(Information shown)
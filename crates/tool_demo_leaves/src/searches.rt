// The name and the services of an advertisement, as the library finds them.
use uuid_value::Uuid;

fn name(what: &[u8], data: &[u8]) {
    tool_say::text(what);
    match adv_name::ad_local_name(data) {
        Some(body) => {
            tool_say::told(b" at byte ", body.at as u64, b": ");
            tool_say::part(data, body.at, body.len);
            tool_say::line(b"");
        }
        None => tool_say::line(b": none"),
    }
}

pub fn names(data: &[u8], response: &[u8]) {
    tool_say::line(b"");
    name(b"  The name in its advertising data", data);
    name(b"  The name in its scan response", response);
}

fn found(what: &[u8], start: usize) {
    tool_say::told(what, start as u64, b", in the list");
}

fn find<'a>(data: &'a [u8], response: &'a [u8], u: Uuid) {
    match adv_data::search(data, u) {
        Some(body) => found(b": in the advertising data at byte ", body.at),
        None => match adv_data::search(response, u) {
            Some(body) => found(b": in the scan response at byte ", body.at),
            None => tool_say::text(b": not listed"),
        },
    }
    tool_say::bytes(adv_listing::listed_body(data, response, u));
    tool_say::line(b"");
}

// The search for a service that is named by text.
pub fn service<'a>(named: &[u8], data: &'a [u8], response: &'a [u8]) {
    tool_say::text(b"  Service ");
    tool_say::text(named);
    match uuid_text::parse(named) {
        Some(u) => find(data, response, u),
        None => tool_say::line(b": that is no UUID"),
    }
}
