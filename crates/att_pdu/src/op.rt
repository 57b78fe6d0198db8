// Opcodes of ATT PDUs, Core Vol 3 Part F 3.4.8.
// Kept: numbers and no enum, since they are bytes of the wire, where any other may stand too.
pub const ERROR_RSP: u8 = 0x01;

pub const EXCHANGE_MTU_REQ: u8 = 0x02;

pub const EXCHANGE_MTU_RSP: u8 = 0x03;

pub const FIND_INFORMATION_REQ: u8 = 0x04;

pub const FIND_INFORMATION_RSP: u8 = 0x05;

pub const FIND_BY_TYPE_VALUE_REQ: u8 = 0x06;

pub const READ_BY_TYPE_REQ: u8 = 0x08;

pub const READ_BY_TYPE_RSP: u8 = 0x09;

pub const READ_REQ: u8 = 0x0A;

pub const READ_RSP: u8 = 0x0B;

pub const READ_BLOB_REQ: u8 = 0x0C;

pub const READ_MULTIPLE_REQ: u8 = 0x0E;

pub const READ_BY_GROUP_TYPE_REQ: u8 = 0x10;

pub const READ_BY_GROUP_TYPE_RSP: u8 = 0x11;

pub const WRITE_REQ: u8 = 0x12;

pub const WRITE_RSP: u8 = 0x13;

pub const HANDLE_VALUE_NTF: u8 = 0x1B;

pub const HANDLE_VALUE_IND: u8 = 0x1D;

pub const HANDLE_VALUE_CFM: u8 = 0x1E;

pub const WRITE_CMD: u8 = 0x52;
(End Information shown)
- [Your instructions]:
Report all lines of the data above that include the string "None".

- [Written solution]:
        None => tool_say::line(b": none"),
        None => match adv_data::search(response, u) {
            None => tool_say::text(b": not listed"),
        None => tool_say::line(b": that is no UUID"),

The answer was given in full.